Filed Date: 3/10/2009
Status: Precedential
Modified Date: 11/1/2024
Order, Supreme Court, Bronx County (Paul A. Victor, J.), entered October 31, 2007, which granted plaintiffs motion for an extension of time to serve the complaint pursuant to CPLR 306-b and denied defendant City of New York’s cross motion to dismiss for lack of personal jurisdiction, unanimously affirmed, without costs.

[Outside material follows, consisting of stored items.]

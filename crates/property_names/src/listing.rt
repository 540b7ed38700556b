//! How properties and their names in a circuit's symbol table are shown.

use crate::symbols::{NameError, property_of};
use explanations::Printable;
use graph::{AigerFile, Property};
use std::fmt;

/// How many names are listed.
const MOST_NAMES: usize = 10;

/// The name of a property: `b` for a bad literal, `j` for a justice property or `o` for an output, and its position.
#[derive(Clone, Copy)]
pub struct Name(pub Property);

impl fmt::Display for Name {
    fn fmt<W: fmt::Write>(&self, f: &mut fmt::Formatter<W>) -> fmt::Result {
        match self.0 {
            Property::Bad(n) => write!(f, "b{n}"),
            Property::Justice(n) => write!(f, "j{n}"),
            Property::Output(n) => write!(f, "o{n}"),
        }
    }
}

/// A property behind the name that the symbol table gives it: `no_overflow (b0)`.
#[derive(Clone, Copy)]
pub struct Called<'a> {
    /// the name in the symbol table
    pub symbol: &'a [u8],
    /// the property
    pub property: Property,
}

impl fmt::Display for Called<'_> {
    fn fmt<W: fmt::Write>(&self, f: &mut fmt::Formatter<W>) -> fmt::Result {
        write!(f, "{} ({})", Printable(self.symbol), Name(self.property))
    }
}

/// The names that the symbol table of a circuit gives properties, each behind a sign: the first ones, where there are
/// many.
#[derive(Clone, Copy)]
pub struct Listing<'a>(pub &'a AigerFile);

impl fmt::Display for Listing<'_> {
    fn fmt<W: fmt::Write>(&self, f: &mut fmt::Formatter<W>) -> fmt::Result {
        let are_outputs_bad = self.0.model().parts().are_outputs_bad();
        let mut told = 0usize;
        for symbol in self.0.symbols() {
            let Some(property) = property_of(symbol, are_outputs_bad) else {
                continue;
            };
            if told == MOST_NAMES {
                return f.write_str(" and more");
            }
            let called = Called {
                symbol: symbol.name.as_slice(),
                property,
            };
            let sign = if told == 0 { "; names are" } else { "," };
            write!(f, "{sign} {called}")?;
            told = told.saturating_add(1);
        }
        Ok(())
    }
}

impl fmt::Display for NameError {
    fn fmt<W: fmt::Write>(&self, f: &mut fmt::Formatter<W>) -> fmt::Result {
        f.write_str(match self {
            NameError::Unknown => "no property is called",
            NameError::Several => "more than one property is called",
        })
    }
}
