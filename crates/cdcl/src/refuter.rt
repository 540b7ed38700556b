//! Proofs that nothing satisfies a formula with some units, for many lists of units.

ghost use Rattle.std.specs.Prelude.{◌≡◌, ◌≢◌, ◌≤◌, ◌⊎◌, [], ℤ, true, All, IfErr, IfOk, List, length};
ghost use Rattle.base.specs.Budget.{Spends};
ghost use Rattle.base.specs.Witness.{witness};
ghost use Rattle.cdcl_log.specs.Closings.{AreLemmas, IsClosingOf, IsShown, StaysShown};
ghost use Rattle.cdcl_log.specs.Refuting.{refuting};
ghost use Rattle.solver.specs.declared.sat_error.SatError.TheVariants.{Limit, OutOfMemory};
ghost use Rattle.solver.specs.Full.{full};
ghost use Rattle.cdcl_kernel.specs.Verdicts.{IsOpposed};
ghost use Rattle.cdcl_log.specs.Keeping.{Keeps};
ghost use Rattle.cdcl_log.specs.Logged.{EndDenies, added_to, is_wanted, with_units, IsFull};
ghost use Rattle.cdcl.specs.Refutations.{IsProved};
ghost use Rattle.cdcl_search.specs.Settled.{EndsWith};
ghost use Rattle.lrat.specs.Limits.{IsFormula};
ghost use Rattle.lrat.specs.Literals.{IsLiteral};
ghost use Rattle.lrat.specs.Proofs.{IsAcceptedProof};
ghost use Rattle.solver.specs.Answers.{IsLawful};
ghost use Rattle.solver.specs.Parts.{IsLawfulPart};

use crate::refuted::Refuted;
use base::Budget;
use cdcl_log::{Closing, Lemmas, LoggedKernel, Shown, opposed_closing};
use cdcl_search::{Guide, search};
use lrat::{Formula, Proof};
use solver::{Answer, Part, SatError};
use std::alloc::Global;
use std::marker::Model;

/// A conflict-driven solver over one formula, which refutes it with one list of units after the
/// other. The formula is loaded once, and what is learned serves all calls.
#[derive(Drop)]
pub struct Refuter {
    kernel: LoggedKernel,
    guide: Guide,
}

impl Model for Refuter {
    ghost use Rattle.std.specs.Prelude.{◌≡◌, true};
    ghost use Rattle.cdcl_log.specs.Logged.{is_wanted};
    ghost use Rattle.cdcl_log.specs.Refuting.{Refuting, refuting};

    ghost Value = { Refuting };

    ghost view = { λ s. refuting s.kernel };

    ghost invariant = { λ s. is_wanted s.kernel.log ≡ true };
}

impl Refuter {
    /// A solver that has loaded the formula, for lists of at most `room` units, which is less than half of all
    /// ids. It is refused only when out of memory.
    pub fn new(alloc: Global, formula: &Formula, room: u32) -> Result<Refuter, SatError>
        requires formula { IsFormula formula.now }
        requires small { room ≤ 2147483647 }
        ensures formula { IfOk result (λ r. r.formula ≡ formula.now) }
        ensures room { IfOk result (λ r. r.room ≡ room) }
        ensures log { IfOk result (λ r. r.log ≡ []) }
        ensures unlimited { IfErr result (λ e. e ≢ Limit full) }
    {
        Ok(Refuter {
            kernel: LoggedKernel::of_formula(alloc, formula, room)?,
            guide: Guide::new(alloc),
        })
    }

    /// Finds a proof that nothing satisfies the formula with these literals as further clauses (LRAT
    /// 2017, without RAT steps), or else a model. The steps of the budget are those of `Cdcl`. The
    /// proof is what the empty clause rests on of the log of all calls; so it is accepted as it is,
    /// and is not checked again. It deletes nothing. `Limit` is answered where a clause would be
    /// learned and 4,294,967,295 ids are taken, with the room for units. After a refusal the
    /// clauses are watched anew.
    pub fn refute(
        &mut self,
        alloc: Global,
        units: &[i32],
        budget: &mut Budget,
    ) -> Result<Refuted, SatError>
        requires literals { All (IsLiteral self.old.formula.vars) units.now }
        requires few { length units.now ≤ self.old.room }
        ensures same { self.new ≡ self.old }
        ensures spends { Spends budget.old budget.new }
        ensures lawful { IfOk result (IsProved (with_units self.old.formula units.now) budget.new) }
    {
        match searched(alloc, &mut self.kernel, &mut self.guide, units, budget)? {
            Answer::Model(values) => Ok(Refuted::Model(values)),
            Answer::Core(_) => Ok(Refuted::Proof(proof(alloc, &self.kernel, units)?)),
            Answer::Spent => Ok(Refuted::Spent),
        }
    }

    /// Finds what shows that nothing satisfies the formula with these literals as further clauses, or
    /// else a model, as `refute` does. A closing is small: `lemmas` writes the lines that many of
    /// them share, and `section` the one line that is then left of each. What an earlier call
    /// showed stays shown. The units need no room, so a refuter made with room 0 serves.
    pub fn show(
        &mut self,
        alloc: Global,
        units: &[i32],
        budget: &mut Budget,
    ) -> Result<Shown, SatError>
        requires { All (IsLiteral self.old.formula.vars) units.now }
        ensures formula { self.new.formula ≡ self.old.formula }
        ensures room { self.new.room ≡ self.old.room }
        ensures stays { StaysShown self.old self.new }
        ensures spends { Spends budget.old budget.new }
        ensures lawful { IfOk result (IsShown self.new units.now budget.new) }
    {
        match searched(alloc, &mut self.kernel, &mut self.guide, units, budget)? {
            Answer::Model(values) => Ok(Shown::Model(values)),
            Answer::Core(_) => Ok(Shown::Closing(closing(alloc, &mut self.kernel, units)?)),
            Answer::Spent => Ok(Shown::Spent),
        }
    }

    /// As `show`, but that the part is asked about first. Where nothing satisfies the formula with the units, it mostly costs the
    /// part alone.
    pub fn show_part(
        &mut self,
        alloc: Global,
        part: &Part,
        units: &[i32],
        budget: &mut Budget,
    ) -> Result<Shown, SatError>
        requires { All (IsLiteral self.old.formula.vars) units.now }
        ensures formula { self.new.formula ≡ self.old.formula }
        ensures room { self.new.room ≡ self.old.room }
        ensures stays { StaysShown self.old self.new }
        ensures spends { Spends budget.old budget.new }
        ensures lawful { IfOk result (IsShown self.new units.now budget.new) }
    {
        match searched_part(
            alloc,
            &mut self.kernel,
            &mut self.guide,
            part,
            units,
            budget,
        )? {
            Answer::Model(_) => self.show(alloc, units, budget),
            Answer::Core(_) => Ok(Shown::Closing(closing(alloc, &mut self.kernel, units)?)),
            Answer::Spent => Ok(Shown::Spent),
        }
    }

    /// Asks about the part with these units, for what is learned of it: whether they are shown to be opposed. Nothing is made of
    /// the answer.
    pub fn learn(
        &mut self,
        alloc: Global,
        part: &Part,
        units: &[i32],
        budget: &mut Budget,
    ) -> Result<bool, SatError>
        requires { All (IsLiteral self.old.formula.vars) units.now }
        ensures same { self.new ≡ self.old }
        ensures spends { Spends budget.old budget.new }
    {
        let answer = searched_part(
            alloc,
            &mut self.kernel,
            &mut self.guide,
            part,
            units,
            budget,
        )?;
        Ok(matches!(answer, Answer::Core(_)))
    }

    /// The lines of the log that these closings rest on through hints, in their order, as lemmas of
    /// the formula: over what they lead to, the section of each closing is accepted, with the units
    /// that it was shown for. It costs the lines that it takes and their hints, whatever the
    /// length of the log.
    pub fn lemmas(&self, alloc: Global, closings: &[Closing]) -> Result<Lemmas, SatError>
        requires { All (λ k. (us : List ℤ) × IsClosingOf self.now us k) closings.now }
        ensures lemmas { IfOk result (AreLemmas self.now closings.now) }
        ensures memory { IfErr result (λ e. e ≡ OutOfMemory witness) }
    {
        Ok(self.kernel.lemmas(alloc, closings)?)
    }
}

/// What a search under the units comes to. After a refusal nothing guides the next one.
fn searched(
    alloc: Global,
    kernel: &mut LoggedKernel,
    guide: &mut Guide,
    units: &[i32],
    budget: &mut Budget,
) -> Result<Answer, SatError>
    requires { All (IsLiteral kernel.old.vars) units.now }
    ensures keeps { Keeps kernel.old kernel.new }
    ensures spends { Spends budget.old budget.new }
    ensures lawful { IfOk result (IsLawful kernel.old.vars kernel.old.clauses units.now budget.new) }
    ensures ends { IfOk result (EndsWith kernel.old kernel.new units.now) }
    ensures limit { IfErr result (λ e. e ≡ Limit full → IsFull kernel.new) }
{
    let answer = search(kernel, guide, None, units, budget);
    if answer.is_err() {
        guide.renew(alloc);
    }
    answer
}

/// What a search about a part comes to under the units. After a refusal nothing guides the next one.
fn searched_part(
    alloc: Global,
    kernel: &mut LoggedKernel,
    guide: &mut Guide,
    part: &Part,
    units: &[i32],
    budget: &mut Budget,
) -> Result<Answer, SatError>
    requires { All (IsLiteral kernel.old.vars) units.now }
    ensures keeps { Keeps kernel.old kernel.new }
    ensures spends { Spends budget.old budget.new }
    ensures lawful { IfOk result (IsLawfulPart kernel.old.vars kernel.old.clauses part.now units.now budget.new) }
    ensures ends { IfOk result (EndsWith kernel.old kernel.new units.now) }
    ensures limit { IfErr result (λ e. e ≡ Limit full → IsFull kernel.new) }
{
    let answer = search(kernel, guide, Some(part), units, budget);
    if answer.is_err() {
        guide.renew(alloc);
    }
    answer
}

/// What shows that nothing satisfies the clauses with the units, once a search has come to it.
fn closing(alloc: Global, kernel: &mut LoggedKernel, units: &[i32]) -> Result<Closing, SatError>
    requires wanted { is_wanted kernel.old.log ≡ true }
    requires literals { All (IsLiteral kernel.old.vars) units.now }
    requires shown { ((l : ℤ) × IsOpposed units.now l) ⊎ EndDenies kernel.old units.now }
    ensures vars { kernel.new.vars ≡ kernel.old.vars }
    ensures clauses { kernel.new.clauses ≡ kernel.old.clauses }
    ensures log { kernel.new.log ≡ kernel.old.log }
    ensures room { kernel.new.room ≡ kernel.old.room }
    ensures stays { StaysShown (refuting kernel.old) (refuting kernel.new) }
    ensures closing { IfOk result (IsClosingOf (refuting kernel.new) units.now) }
    ensures refused { IfErr result (λ e. e ≡ OutOfMemory witness) }
{
    let known = kernel.known();
    let _vars = known.vars();
    match known.opposed_of(alloc, units)? {
        Some(pair) => Ok(opposed_closing(alloc, units, pair[0])?),
        None => Ok(kernel.closing(alloc, units)?),
    }
}

/// The proof that nothing satisfies the clauses with the units, once a search has shown it.
fn proof(alloc: Global, kernel: &LoggedKernel, units: &[i32]) -> Result<Proof, SatError>
    requires wanted { is_wanted kernel.now.log ≡ true }
    requires literals { All (IsLiteral kernel.now.vars) units.now }
    requires few { length units.now ≤ kernel.now.room }
    requires shown { ((l : ℤ) × IsOpposed units.now l) ⊎ EndDenies kernel.now units.now }
    ensures accepted { IfOk result (IsAcceptedProof (with_units (added_to kernel.now) units.now)) }
    ensures limit { IfErr result (λ e. e ≡ Limit full → IsFull kernel.now) }
{
    let known = kernel.known();
    let _vars = known.vars();
    match known.opposed_of(alloc, units)? {
        Some(pair) => kernel.opposed_refutation(alloc, units, pair[0]),
        None => Ok(kernel.refutation(alloc, units)?),
    }
}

In Leader v Maroney, Ponzini & Spencer (97 NY2d 95, 105-106 [2001]), the Court of Appeals stated: “The interest of justice standard [of CPLR 306-b] requires a careful judicial analysis of the factual setting of the case and a balancing of the competing interests presented by the parties. Unlike an extension request premised on good cause, a plaintiff need not establish reasonably diligent efforts at service as a threshold matter. However, the court may consider diligence, or lack thereof, along with any other relevant factor in making its determination, including expiration of the Statute of Limitations, the meritorious nature of the cause of action, the length of delay in service, the promptness of a plaintiffs request for the extension of time, and prejudice to defendant.” Here, plaintiffs counsel exercised little, if any, diligence in serving the City. Moreover, plaintiffs request for the extension of time to serve the City was not prompt. Nevertheless, there are factors which support an interest of justice extension, and the City has not demonstrated that it would be prejudiced if the extension were granted. In this regard, the City has not established that, as a result of plaintiffs failure to serve it timely or plaintiffs delay in seeking an extension, the City has lost some special right, or incurred some change of position or some significant expense (see Murray v City of New York, 51 AD3d 502, 503 [2008], lv denied 11 NY3d 703 [2008], citing Barbour v Hospital for Special Surgery, 169 AD2d 385 [1991]). Because some factors weigh in favor of granting an interest of justice extension and some do not, we should not disturb Supreme Court’s discretion-laden determination. We note that it is significant that the notice of claim and General Municipal Law § 50-h hearing provided the City with notice of the occurrence, theory of recovery and claimed injuries well before expiration of the statute of limitations (cf. Slate v Schiavone Constr. Co., 4 NY3d 816 [2005]). Concur—Tom, J.P., Friedman, Gonzalez, Sweeny and McGuire, JJ.